▶ _ACTION ITEM_: Set down each entry from the block beneath, exactly as written.

▶ _EXTRACTED DATA_:
<<<<

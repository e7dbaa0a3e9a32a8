//! Who owns a path that several members list (apk-package(5), "replaces").
//!
//! A claim is an entry for a file in a member. `owners_of` sorts claims by their paths, and finds
//! for each path the member that beats every other member that claims it. A `Contest` says which
//! member beats which. The contracts cite `Contest` and `Claims` of `specs/`. The rules are in
//! `docs/commands.md`, "Files that several packages list"; the terms in `docs/names.md`, "The
//! installed database and a change of it".
#![tactic(auto)]

mod claim;
mod contest;
mod owner;

pub use adb_fields::{FilePath, field_word, objects_field};
pub use claim::{Claim, begins_path, run_at, sort_claims};
pub use contest::{Contest, Rivals};
pub use owner::{Contested, Owners, a_path_has_one_owner, owners_of};
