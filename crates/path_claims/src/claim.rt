//! The type of a claim, and claims in byte order of their paths.
//! `docs/commands.md`, "Files that several packages list", says what a claim is: a package claims
//! each file that it lists. `src/owner.rt` needs the order, so that the claims of one path are
//! adjacent.

ghost use Rattle.std.specs.Prelude.{◌≡◌, ◌<◌, Some, IfOk, drop, length, map, slice_get};
ghost use Rattle.adb_fields.specs.JoinedPath.{joined_path};
ghost use Rattle.base_core.specs.Sorted.{sorted_by};
ghost use Rattle.path_claims.specs.Claims.{PathClaim, claim_cmp, is_claim_of_path};
ghost use Rattle.path_claims.specs.Runs.{is_first_of_path, passing_prefix};
ghost use Rattle.path_claims.specs.Seen.{claim_seen};

use adb_fields::FilePath;
use std::alloc::{AllocError, Global};

/// A claim: an entry for a file in a member, that is, in a package installed after a change.
#[derive(Clone, Copy)]
pub struct Claim<'a> {
    /// The path of the file.
    pub path: FilePath<'a>,
    /// The index of the member that lists the file.
    pub member: u32,
    /// The position of the folder in the member's package, counted from 1.
    pub folder: u32,
    /// The position of the file in its folder, counted from 1.
    pub file: u32,
    /// How many claims are before this one in the list of the claims of all members.
    pub number: usize,
}

/// Sorts the claims by their paths, in byte order. Claims of the same path keep their order.
pub fn sort_claims(claims: &mut Vec<Claim<'_>>) -> Result<(), AllocError>
    // On Ok, the claims are sorted, and claims of the same path are in their old order.
    ensures { IfOk result (λ _. map claim_seen claims.new.items
        ≡ sorted_by claim_cmp (map claim_seen claims.old.items)) }
{
    claims.sort_by(|one, other| one.path.compare(&other.path))?;
    Ok(())
}

/// Whether the claim with the index `i` is the first one of its path: it is the first claim of all,
/// or the claim before it has another path.
pub fn begins_path(claims: &[Claim<'_>], i: usize) -> bool
    // The index is that of one of the claims.
    requires { i < length claims.now }
    ensures { result ≡ is_first_of_path (map claim_seen claims.now) i }
{
    if i == 0 {
        return true;
    }
    !claims[i - 1].path.compare(&claims[i].path).is_eq()
}

/// The claims at the beginning of the list that have this path, up to the first one that has
/// another path.
fn run_in_front<'c, 'a>(claims: &'c [Claim<'a>], path: &FilePath<'_>) -> &'c [Claim<'a>]
    // The result is the longest beginning of the list in which each claim has the path.
    ensures { map claim_seen result.now
        ≡ passing_prefix (is_claim_of_path (joined_path path.now)) (map claim_seen claims.now) }
{
    let mut end = 0;
    while end < claims.len() && claims[end].path.compare(path).is_eq() {
        end += 1;
    }
    &claims[..end]
}

/// The claims from the one with the index `from` on that have the same path as it, up to the first
/// one that has another path.
pub fn run_at<'c, 'a>(claims: &'c [Claim<'a>], from: usize) -> &'c [Claim<'a>]
    // The index is that of one of the claims.
    requires { from < length claims.now }
    // If c is the claim at this index, the result is the longest run of claims from it on that have
    // its path.
    ensures { (c : PathClaim) → slice_get (map claim_seen claims.now) from ≡ Some c
        → map claim_seen result.now
        ≡ passing_prefix (is_claim_of_path c.path) (drop from (map claim_seen claims.now)) }
{
    let path = claims[from].path;
    run_in_front(&claims[from..], &path)
}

>>>>

▶ _SOLUTION_:
repository e7dbaa0a3e9a32a8
//! Who owns a path that several members list (apk-package(5), "replaces").
//!
//! A claim is an entry for a file in a member. `owners_of` sorts claims by their paths, and finds
//! for each path the member that beats every other member that claims it. A `Contest` says which
//! member beats which. The contracts cite `Contest` and `Claims` of `specs/`. The rules are in
//! `docs/commands.md`, "Files that several packages list"; the terms in `docs/names.md`, "The
//! installed database and a change of it".
#![tactic(auto)]

mod claim;
mod contest;
mod owner;

pub use adb_fields::{FilePath, field_word, objects_field};
pub use claim::{Claim, begins_path, run_at, sort_claims};
pub use contest::{Contest, Rivals};
pub use owner::{Contested, Owners, a_path_has_one_owner, owners_of};
filename crates/path_claims/src/claim.rt
//! The type of a claim, and claims in byte order of their paths.
//! `docs/commands.md`, "Files that several packages list", says what a claim is: a package claims
//! each file that it lists. `src/owner.rt` needs the order, so that the claims of one path are
//! adjacent.

ghost use Rattle.std.specs.Prelude.{◌≡◌, ◌<◌, Some, IfOk, drop, length, map, slice_get};
ghost use Rattle.adb_fields.specs.JoinedPath.{joined_path};
ghost use Rattle.base_core.specs.Sorted.{sorted_by};
ghost use Rattle.path_claims.specs.Claims.{PathClaim, claim_cmp, is_claim_of_path};
ghost use Rattle.path_claims.specs.Runs.{is_first_of_path, passing_prefix};
ghost use Rattle.path_claims.specs.Seen.{claim_seen};

use adb_fields::FilePath;
use std::alloc::{AllocError, Global};

/// A claim: an entry for a file in a member, that is, in a package installed after a change.
#[derive(Clone, Copy)]
pub struct Claim<'a> {
    /// The path of the file.
    pub path: FilePath<'a>,
    /// The index of the member that lists the file.
    pub member: u32,
    /// The position of the folder in the member's package, counted from 1.
    pub folder: u32,
    /// The position of the file in its folder, counted from 1.
    pub file: u32,
    /// How many claims are before this one in the list of the claims of all members.
    pub number: usize,
}

/// Sorts the claims by their paths, in byte order. Claims of the same path keep their order.
pub fn sort_claims(claims: &mut Vec<Claim<'_>>) -> Result<(), AllocError>
    // On Ok, the claims are sorted, and claims of the same path are in their old order.
    ensures { IfOk result (λ _. map claim_seen claims.new.items
        ≡ sorted_by claim_cmp (map claim_seen claims.old.items)) }
{
    claims.sort_by(|one, other| one.path.compare(&other.path))?;
    Ok(())
}

/// Whether the claim with the index `i` is the first one of its path: it is the first claim of all,
/// or the claim before it has another path.
pub fn begins_path(claims: &[Claim<'_>], i: usize) -> bool
    // The index is that of one of the claims.
    requires { i < length claims.now }
    ensures { result ≡ is_first_of_path (map claim_seen claims.now) i }
{
    if i == 0 {
        return true;
    }
    !claims[i - 1].path.compare(&claims[i].path).is_eq()
}

/// The claims at the beginning of the list that have this path, up to the first one that has
/// another path.
fn run_in_front<'c, 'a>(claims: &'c [Claim<'a>], path: &FilePath<'_>) -> &'c [Claim<'a>]
    // The result is the longest beginning of the list in which each claim has the path.
    ensures { map claim_seen result.now
        ≡ passing_prefix (is_claim_of_path (joined_path path.now)) (map claim_seen claims.now) }
{
    let mut end = 0;
    while end < claims.len() && claims[end].path.compare(path).is_eq() {
        end += 1;
    }
    &claims[..end]
}

/// The claims from the one with the index `from` on that have the same path as it, up to the first
/// one that has another path.
pub fn run_at<'c, 'a>(claims: &'c [Claim<'a>], from: usize) -> &'c [Claim<'a>]
    // The index is that of one of the claims.
    requires { from < length claims.now }
    // If c is the claim at this index, the result is the longest run of claims from it on that have
    // its path.
    ensures { (c : PathClaim) → slice_get (map claim_seen claims.now) from ≡ Some c
        → map claim_seen result.now
        ≡ passing_prefix (is_claim_of_path c.path) (drop from (map claim_seen claims.now)) }
{
    let path = claims[from].path;
    run_in_front(&claims[from..], &path)
}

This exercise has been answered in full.